■ **Task directions**
Where "value" occurs in a line of the entries below, copy that line.

Top of Available data

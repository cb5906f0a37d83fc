//! That batch interpretation covers every run, for every domain, from its laws.
//!
//! [`answers_are_sound`] says so of answers, [`reports_are_sound`] of reports. The functions do nothing
//! when they run; each carries its theorem as its clause, for the crates that answer.
//!
//! The proof follows runs step by step. Each frame of a configuration stands at a place of its
//! procedure, and what is left of its work fits the value before it: the value of each statement
//! is that of `spots`, each loop's head is above the value before the loop and above what its body
//! gives, and breaks go to the value after their loop. Each lower frame remembers a configuration at
//! its call that the value there described.
#![tactic(auto)]

mod sound;

pub use sound::{answers_are_sound, reports_are_sound};
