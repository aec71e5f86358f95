//! Worked instances solved.
//!
//! Rows stand in statics, and a row is judged by a function that answers whether it holds: a test
//! of many assertions, or one that makes its rows, takes long to prove.
use mcf_checker::{Verdict, check};
use mcf_solver::{BlockSize, Choice, EngineChoice, Form, Kind, PricingChoice, solve_text};
use mcf_text::{NoMemory, put_number};
use std::alloc::Global;
use std::test::Fail;

// A choice.
struct Way {
    engine: EngineChoice,
    pricing: PricingChoice,
    block: u32,
}

// Every engine, and the simplex with each rule and with blocks of several sizes.
static WAYS: [Way; 12] = [
    Way {
        engine: EngineChoice::Auto,
        pricing: PricingChoice::Block,
        block: 256,
    },
    Way {
        engine: EngineChoice::Cancel,
        pricing: PricingChoice::Block,
        block: 256,
    },
    Way {
        engine: EngineChoice::Scaling,
        pricing: PricingChoice::Block,
        block: 256,
    },
    Way {
        engine: EngineChoice::Fast,
        pricing: PricingChoice::Block,
        block: 256,
    },
    Way {
        engine: EngineChoice::Sap,
        pricing: PricingChoice::Best,
        block: 256,
    },
    Way {
        engine: EngineChoice::Simplex,
        pricing: PricingChoice::First,
        block: 256,
    },
    Way {
        engine: EngineChoice::Simplex,
        pricing: PricingChoice::Best,
        block: 256,
    },
    Way {
        engine: EngineChoice::Simplex,
        pricing: PricingChoice::Wide,
        block: 256,
    },
    Way {
        engine: EngineChoice::Simplex,
        pricing: PricingChoice::Block,
        block: 1,
    },
    Way {
        engine: EngineChoice::Simplex,
        pricing: PricingChoice::Block,
        block: 2,
    },
    Way {
        engine: EngineChoice::Simplex,
        pricing: PricingChoice::Block,
        block: 256,
    },
    Way {
        engine: EngineChoice::Simplex,
        pricing: PricingChoice::Block,
        block: 1_000_000,
    },
];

Bottom of Available data

■ **Finished task**
//! procedure, and what is left of its work fits the value before it: the value of each statement
//! is that of `spots`, each loop's head is above the value before the loop and above what its body
//! gives, and breaks go to the value after their loop. Each lower frame remembers a configuration at
//! its call that the value there described.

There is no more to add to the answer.